» **Goal of the exercise**
Look through the records and copy each line that has "WhyNoRows" in it.

(Extracted records)
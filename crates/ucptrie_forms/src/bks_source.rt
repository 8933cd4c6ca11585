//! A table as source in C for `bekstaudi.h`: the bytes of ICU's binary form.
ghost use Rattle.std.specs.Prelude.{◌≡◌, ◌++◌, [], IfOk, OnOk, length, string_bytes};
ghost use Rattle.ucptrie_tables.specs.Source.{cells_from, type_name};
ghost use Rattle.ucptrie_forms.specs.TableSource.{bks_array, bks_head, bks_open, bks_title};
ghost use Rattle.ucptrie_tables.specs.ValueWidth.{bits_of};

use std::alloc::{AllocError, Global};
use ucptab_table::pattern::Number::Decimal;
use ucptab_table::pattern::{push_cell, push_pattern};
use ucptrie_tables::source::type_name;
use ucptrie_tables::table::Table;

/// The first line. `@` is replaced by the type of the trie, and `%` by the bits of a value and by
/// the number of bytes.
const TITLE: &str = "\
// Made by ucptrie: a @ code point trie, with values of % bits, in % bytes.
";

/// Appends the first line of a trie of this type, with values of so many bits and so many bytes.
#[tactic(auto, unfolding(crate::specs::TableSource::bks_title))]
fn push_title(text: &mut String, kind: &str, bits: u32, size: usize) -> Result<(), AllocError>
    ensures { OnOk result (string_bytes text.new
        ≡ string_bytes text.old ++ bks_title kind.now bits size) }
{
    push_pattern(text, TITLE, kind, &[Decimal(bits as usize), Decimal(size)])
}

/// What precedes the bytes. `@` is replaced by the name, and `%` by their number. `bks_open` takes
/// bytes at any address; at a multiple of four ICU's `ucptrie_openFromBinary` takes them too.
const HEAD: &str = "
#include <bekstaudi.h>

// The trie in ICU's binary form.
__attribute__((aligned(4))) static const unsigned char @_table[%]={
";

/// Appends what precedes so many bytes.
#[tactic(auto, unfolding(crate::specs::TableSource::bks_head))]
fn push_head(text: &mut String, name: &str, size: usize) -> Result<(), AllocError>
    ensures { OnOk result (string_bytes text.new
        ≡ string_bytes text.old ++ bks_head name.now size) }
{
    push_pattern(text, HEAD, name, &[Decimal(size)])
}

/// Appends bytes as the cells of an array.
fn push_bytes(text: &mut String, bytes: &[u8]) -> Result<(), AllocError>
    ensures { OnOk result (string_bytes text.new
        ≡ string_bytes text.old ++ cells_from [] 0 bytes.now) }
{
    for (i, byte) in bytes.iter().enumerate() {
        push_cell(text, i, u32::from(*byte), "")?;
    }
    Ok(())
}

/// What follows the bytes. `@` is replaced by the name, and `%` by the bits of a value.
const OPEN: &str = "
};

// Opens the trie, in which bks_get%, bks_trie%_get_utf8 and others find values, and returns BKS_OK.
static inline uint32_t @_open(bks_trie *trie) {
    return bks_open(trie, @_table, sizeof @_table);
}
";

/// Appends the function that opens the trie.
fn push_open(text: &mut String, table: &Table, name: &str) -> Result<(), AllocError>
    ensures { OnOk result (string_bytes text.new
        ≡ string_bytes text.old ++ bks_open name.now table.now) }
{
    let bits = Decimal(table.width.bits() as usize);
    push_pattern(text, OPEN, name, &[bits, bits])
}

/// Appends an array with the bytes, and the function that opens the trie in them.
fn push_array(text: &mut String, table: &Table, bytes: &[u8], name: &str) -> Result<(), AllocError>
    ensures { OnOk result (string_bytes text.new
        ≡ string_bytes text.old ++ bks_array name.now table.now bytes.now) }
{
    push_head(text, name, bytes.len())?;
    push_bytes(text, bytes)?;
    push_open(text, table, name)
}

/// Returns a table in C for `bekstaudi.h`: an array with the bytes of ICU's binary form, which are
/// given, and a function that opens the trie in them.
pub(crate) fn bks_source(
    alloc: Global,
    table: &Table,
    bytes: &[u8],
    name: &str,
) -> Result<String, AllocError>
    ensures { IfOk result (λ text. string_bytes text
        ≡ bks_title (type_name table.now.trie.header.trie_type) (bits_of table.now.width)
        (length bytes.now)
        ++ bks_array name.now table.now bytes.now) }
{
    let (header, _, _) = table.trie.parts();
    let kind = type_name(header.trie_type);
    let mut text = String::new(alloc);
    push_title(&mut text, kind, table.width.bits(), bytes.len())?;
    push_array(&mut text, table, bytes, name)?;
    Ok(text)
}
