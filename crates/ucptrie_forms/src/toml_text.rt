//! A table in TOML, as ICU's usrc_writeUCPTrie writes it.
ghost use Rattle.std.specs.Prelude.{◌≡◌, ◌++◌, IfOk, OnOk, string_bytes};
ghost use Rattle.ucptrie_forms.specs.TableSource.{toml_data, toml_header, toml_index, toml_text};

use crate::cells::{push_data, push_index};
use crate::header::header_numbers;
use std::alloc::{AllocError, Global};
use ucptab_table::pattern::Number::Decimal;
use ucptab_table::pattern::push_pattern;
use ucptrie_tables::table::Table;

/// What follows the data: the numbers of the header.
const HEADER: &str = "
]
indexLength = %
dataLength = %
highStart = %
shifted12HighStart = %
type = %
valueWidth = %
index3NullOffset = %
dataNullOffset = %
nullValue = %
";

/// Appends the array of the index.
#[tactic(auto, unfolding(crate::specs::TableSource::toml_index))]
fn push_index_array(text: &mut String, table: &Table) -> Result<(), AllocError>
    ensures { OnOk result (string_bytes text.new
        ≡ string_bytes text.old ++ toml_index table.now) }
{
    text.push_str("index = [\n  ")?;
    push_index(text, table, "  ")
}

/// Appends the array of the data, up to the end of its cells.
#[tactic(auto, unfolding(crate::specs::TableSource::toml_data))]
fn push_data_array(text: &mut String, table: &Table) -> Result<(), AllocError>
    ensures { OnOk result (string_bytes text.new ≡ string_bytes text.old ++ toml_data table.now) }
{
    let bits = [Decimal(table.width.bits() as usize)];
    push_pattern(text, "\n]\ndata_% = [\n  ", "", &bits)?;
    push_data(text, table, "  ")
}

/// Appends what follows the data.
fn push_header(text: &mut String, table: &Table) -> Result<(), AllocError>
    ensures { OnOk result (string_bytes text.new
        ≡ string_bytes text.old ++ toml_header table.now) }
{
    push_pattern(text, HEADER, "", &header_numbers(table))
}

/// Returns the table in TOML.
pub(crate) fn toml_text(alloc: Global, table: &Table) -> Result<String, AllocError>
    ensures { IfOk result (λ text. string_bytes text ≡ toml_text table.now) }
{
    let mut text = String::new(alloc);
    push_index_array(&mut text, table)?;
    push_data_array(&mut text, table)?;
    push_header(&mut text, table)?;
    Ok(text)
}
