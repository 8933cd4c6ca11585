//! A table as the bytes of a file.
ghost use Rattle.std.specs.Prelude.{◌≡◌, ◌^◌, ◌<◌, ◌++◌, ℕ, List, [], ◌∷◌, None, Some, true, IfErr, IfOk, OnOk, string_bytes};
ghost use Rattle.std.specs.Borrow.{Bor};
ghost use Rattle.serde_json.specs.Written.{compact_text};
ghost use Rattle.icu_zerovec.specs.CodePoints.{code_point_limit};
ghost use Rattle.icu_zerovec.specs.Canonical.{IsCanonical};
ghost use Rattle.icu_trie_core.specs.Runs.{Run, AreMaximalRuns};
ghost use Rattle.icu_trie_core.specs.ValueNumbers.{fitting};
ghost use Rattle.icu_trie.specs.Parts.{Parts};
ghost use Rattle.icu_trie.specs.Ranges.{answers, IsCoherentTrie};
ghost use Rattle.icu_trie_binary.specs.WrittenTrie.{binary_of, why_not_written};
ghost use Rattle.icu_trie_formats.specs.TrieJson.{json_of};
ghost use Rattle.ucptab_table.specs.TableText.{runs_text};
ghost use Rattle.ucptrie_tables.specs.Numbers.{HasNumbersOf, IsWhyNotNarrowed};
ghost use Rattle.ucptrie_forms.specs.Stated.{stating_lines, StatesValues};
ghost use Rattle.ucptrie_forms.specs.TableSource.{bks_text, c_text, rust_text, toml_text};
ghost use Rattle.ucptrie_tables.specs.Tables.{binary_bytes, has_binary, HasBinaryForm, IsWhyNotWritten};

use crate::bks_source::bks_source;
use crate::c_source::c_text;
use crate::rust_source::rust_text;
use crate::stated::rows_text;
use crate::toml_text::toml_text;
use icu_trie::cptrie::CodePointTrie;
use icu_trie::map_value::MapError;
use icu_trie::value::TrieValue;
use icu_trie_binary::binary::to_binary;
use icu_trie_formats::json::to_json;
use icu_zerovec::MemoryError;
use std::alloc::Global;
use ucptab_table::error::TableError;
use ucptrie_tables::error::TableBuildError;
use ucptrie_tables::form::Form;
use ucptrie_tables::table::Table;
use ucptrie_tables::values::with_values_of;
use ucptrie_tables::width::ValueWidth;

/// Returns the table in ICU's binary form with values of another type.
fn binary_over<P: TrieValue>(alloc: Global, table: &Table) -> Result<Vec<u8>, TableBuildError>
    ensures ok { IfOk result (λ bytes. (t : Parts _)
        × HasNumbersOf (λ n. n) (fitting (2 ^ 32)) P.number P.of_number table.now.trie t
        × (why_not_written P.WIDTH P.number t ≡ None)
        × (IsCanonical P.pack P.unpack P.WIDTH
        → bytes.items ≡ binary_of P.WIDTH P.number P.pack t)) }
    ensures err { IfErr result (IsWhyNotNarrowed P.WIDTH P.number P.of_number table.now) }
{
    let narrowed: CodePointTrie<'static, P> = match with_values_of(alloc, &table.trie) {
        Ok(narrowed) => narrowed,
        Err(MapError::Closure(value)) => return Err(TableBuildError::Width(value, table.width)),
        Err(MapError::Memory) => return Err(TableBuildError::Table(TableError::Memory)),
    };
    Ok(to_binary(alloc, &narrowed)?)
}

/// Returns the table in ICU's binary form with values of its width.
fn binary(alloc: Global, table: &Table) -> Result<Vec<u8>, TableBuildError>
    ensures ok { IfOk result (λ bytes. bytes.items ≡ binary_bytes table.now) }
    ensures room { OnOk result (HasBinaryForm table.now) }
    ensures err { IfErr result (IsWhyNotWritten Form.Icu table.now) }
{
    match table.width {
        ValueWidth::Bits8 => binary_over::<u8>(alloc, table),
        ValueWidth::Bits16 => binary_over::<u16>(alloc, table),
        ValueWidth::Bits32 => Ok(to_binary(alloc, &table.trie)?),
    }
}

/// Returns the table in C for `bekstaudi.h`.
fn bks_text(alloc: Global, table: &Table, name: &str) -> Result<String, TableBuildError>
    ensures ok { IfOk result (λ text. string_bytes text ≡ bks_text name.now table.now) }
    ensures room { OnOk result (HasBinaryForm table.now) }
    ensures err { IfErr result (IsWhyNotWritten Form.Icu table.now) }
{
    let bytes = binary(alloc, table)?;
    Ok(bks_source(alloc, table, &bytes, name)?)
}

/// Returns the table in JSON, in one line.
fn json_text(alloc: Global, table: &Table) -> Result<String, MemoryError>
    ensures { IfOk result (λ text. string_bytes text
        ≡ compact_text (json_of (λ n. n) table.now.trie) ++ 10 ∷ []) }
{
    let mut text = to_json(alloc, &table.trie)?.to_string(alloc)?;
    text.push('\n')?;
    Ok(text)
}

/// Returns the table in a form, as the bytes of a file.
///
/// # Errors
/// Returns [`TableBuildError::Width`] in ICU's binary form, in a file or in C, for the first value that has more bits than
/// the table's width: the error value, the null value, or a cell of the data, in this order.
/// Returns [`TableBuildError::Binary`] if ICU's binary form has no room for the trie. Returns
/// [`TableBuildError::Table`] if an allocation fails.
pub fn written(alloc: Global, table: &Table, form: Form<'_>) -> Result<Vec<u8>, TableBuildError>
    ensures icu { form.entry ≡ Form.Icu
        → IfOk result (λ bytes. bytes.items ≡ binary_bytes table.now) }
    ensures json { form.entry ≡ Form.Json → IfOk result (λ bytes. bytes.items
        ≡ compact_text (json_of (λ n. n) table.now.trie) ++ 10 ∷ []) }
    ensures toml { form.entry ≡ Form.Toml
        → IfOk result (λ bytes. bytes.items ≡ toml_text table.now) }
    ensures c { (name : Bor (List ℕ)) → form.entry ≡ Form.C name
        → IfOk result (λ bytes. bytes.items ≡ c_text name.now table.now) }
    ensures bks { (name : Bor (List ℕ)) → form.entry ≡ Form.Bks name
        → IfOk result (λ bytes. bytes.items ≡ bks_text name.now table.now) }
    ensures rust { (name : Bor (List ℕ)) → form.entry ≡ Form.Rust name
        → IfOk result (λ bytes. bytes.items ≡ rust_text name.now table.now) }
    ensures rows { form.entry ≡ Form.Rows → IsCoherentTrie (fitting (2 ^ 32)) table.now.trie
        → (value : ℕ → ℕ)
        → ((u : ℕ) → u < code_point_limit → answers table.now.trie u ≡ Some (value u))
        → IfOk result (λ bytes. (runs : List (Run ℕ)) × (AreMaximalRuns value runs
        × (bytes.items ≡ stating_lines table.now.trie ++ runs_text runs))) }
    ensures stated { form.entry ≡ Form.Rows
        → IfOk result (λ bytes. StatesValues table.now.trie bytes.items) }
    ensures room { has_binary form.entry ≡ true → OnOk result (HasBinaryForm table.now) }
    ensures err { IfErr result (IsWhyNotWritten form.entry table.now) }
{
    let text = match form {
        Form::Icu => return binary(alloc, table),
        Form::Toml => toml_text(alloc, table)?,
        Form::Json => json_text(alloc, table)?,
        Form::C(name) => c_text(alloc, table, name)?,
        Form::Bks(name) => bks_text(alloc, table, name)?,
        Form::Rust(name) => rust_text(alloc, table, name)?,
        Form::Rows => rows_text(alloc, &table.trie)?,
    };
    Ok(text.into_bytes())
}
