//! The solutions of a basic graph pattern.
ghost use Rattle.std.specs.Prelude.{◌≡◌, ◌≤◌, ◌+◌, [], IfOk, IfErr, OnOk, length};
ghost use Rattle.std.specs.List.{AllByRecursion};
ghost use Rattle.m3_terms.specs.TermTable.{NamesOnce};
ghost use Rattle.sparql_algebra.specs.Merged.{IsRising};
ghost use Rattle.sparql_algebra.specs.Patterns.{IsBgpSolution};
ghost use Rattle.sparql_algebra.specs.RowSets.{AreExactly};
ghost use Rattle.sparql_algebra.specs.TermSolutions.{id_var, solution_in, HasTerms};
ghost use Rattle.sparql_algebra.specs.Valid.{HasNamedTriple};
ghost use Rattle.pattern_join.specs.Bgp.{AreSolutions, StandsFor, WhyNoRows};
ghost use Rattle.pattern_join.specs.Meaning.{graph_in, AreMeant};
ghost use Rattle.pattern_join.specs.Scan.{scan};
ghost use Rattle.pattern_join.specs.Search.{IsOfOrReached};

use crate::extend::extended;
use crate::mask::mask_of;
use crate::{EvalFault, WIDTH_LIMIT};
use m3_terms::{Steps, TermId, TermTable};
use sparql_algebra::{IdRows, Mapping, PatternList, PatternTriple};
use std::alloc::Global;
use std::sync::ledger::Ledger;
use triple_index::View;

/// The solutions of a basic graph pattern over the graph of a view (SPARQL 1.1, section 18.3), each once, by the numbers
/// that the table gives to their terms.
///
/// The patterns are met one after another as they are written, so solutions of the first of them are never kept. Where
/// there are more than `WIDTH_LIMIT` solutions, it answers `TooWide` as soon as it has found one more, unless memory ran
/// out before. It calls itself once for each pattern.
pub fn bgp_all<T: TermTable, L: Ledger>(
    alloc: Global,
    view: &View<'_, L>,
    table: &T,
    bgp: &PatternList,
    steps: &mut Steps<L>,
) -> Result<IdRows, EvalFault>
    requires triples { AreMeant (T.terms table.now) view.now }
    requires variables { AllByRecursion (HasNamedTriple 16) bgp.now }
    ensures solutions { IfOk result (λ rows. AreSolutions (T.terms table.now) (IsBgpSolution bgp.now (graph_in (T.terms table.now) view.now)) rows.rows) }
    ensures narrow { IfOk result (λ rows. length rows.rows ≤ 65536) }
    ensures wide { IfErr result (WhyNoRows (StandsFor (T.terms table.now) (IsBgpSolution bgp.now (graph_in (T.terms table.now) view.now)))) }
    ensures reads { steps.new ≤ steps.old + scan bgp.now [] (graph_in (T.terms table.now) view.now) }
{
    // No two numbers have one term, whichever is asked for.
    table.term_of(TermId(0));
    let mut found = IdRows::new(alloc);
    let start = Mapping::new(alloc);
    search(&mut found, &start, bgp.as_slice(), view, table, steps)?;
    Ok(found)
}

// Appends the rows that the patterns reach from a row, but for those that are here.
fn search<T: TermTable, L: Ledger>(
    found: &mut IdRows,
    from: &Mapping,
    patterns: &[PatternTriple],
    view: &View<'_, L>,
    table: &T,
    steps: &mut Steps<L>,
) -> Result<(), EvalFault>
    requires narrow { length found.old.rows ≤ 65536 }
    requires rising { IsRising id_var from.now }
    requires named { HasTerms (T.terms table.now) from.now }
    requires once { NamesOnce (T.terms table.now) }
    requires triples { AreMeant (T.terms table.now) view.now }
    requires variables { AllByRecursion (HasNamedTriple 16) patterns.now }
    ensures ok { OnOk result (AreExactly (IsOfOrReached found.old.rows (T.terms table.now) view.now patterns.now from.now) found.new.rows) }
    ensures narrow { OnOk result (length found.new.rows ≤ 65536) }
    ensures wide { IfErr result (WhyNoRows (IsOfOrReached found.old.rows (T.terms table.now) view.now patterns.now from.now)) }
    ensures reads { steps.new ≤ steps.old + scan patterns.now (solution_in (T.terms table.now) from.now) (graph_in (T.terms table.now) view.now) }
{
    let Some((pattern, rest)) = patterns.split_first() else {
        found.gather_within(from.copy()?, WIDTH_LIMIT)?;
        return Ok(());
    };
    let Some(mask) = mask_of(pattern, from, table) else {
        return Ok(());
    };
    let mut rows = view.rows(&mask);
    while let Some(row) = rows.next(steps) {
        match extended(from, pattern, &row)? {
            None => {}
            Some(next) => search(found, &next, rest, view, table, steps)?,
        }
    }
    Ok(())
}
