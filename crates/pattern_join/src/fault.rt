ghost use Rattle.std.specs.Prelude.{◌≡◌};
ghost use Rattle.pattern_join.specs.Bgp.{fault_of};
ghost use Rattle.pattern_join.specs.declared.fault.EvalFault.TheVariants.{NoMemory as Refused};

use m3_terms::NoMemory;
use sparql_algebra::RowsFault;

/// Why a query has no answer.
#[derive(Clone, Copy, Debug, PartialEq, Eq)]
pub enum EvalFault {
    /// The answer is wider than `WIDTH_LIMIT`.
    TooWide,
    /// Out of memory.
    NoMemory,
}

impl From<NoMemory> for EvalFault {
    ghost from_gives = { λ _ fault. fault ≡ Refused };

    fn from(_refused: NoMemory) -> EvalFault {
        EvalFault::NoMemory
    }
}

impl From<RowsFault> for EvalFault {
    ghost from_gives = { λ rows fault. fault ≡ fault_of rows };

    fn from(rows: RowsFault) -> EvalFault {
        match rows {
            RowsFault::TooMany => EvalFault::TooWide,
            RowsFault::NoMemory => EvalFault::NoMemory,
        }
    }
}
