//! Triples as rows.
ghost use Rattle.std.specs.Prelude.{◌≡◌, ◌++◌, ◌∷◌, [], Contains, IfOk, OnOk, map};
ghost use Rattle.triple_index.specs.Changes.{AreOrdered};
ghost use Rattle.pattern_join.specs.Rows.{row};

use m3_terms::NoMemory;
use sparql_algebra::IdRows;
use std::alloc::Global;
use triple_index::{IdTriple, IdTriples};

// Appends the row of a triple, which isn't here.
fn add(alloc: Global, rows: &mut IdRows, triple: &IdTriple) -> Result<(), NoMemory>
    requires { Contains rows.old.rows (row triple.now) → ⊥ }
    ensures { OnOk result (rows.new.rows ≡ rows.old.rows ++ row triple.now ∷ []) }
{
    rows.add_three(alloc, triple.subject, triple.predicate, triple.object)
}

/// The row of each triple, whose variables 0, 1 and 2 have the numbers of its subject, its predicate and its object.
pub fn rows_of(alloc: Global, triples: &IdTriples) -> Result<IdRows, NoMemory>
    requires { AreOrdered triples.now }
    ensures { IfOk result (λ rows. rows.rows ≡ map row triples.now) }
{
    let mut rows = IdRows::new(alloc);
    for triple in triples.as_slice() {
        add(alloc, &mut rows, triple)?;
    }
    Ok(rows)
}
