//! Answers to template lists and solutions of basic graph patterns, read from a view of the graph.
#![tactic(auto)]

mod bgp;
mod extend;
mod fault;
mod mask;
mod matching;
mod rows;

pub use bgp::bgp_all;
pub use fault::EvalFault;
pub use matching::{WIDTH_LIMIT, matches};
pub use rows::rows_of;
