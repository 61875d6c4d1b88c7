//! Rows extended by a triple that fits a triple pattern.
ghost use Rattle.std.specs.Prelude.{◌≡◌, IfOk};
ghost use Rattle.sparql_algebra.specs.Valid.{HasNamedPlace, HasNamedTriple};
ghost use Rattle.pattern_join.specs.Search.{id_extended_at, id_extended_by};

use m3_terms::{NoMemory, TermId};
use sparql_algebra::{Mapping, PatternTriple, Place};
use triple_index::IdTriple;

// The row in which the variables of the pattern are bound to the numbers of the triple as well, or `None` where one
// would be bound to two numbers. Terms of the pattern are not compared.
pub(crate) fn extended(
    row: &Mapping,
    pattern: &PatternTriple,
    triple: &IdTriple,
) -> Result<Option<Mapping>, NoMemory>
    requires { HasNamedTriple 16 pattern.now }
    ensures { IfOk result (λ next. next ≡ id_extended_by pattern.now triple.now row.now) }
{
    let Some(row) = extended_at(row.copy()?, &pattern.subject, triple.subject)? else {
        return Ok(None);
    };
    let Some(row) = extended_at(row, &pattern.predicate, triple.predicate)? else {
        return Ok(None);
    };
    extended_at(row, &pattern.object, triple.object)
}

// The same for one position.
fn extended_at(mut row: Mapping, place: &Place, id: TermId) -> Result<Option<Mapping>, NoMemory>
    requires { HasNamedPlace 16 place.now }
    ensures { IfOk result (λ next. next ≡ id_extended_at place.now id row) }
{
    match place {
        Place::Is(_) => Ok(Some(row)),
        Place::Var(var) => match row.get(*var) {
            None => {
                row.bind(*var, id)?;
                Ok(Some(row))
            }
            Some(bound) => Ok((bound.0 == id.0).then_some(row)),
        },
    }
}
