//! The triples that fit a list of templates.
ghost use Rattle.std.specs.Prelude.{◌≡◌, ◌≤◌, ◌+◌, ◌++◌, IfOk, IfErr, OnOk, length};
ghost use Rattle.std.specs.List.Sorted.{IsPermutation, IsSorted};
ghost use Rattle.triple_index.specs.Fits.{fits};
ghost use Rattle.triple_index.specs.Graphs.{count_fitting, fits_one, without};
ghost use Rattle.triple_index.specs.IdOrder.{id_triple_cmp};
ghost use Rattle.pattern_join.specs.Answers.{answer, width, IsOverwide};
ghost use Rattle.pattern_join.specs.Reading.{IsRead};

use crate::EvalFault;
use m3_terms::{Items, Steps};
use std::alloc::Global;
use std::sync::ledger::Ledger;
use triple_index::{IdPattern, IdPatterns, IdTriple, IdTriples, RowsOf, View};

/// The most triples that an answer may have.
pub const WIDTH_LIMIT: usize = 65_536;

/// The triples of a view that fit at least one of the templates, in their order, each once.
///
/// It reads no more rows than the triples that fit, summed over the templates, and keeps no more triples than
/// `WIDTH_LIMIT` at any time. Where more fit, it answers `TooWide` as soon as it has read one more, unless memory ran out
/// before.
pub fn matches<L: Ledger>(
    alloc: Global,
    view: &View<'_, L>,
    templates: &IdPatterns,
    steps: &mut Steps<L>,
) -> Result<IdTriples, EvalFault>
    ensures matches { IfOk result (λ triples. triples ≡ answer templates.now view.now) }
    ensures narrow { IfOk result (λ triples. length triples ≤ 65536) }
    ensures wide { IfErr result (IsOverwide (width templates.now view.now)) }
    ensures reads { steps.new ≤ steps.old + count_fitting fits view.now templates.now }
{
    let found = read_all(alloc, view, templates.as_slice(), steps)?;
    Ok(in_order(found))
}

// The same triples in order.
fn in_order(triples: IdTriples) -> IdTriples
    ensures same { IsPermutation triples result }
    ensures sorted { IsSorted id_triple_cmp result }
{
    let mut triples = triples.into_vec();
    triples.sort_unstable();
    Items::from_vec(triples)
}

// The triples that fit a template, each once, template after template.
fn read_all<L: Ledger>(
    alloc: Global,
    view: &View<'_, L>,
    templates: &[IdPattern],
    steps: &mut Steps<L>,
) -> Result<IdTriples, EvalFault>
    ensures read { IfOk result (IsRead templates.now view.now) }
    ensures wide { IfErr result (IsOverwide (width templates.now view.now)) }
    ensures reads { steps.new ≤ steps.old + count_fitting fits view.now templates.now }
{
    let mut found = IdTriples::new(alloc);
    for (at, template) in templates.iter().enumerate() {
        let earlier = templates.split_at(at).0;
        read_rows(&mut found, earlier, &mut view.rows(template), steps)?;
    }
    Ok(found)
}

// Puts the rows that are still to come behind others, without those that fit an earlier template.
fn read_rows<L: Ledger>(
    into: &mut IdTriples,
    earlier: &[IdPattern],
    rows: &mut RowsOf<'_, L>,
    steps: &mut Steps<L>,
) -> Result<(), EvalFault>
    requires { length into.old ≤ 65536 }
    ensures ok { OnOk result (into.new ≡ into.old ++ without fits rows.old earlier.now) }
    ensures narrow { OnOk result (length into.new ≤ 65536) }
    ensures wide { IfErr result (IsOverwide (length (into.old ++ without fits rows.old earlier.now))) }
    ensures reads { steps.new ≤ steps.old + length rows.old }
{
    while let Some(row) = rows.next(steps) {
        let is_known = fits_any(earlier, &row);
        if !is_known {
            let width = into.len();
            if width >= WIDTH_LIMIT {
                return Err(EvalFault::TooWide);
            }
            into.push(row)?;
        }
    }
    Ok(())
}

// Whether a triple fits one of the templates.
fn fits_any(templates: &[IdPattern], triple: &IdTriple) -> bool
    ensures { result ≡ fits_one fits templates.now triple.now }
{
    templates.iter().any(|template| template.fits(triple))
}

» **Written answer**
ghost use Rattle.pattern_join.specs.Bgp.{AreSolutions, StandsFor, WhyNoRows};
    ensures wide { IfErr result (WhyNoRows (StandsFor (T.terms table.now) (IsBgpSolution bgp.now (graph_in (T.terms table.now) view.now)))) }
    ensures wide { IfErr result (WhyNoRows (IsOfOrReached found.old.rows (T.terms table.now) view.now patterns.now from.now)) }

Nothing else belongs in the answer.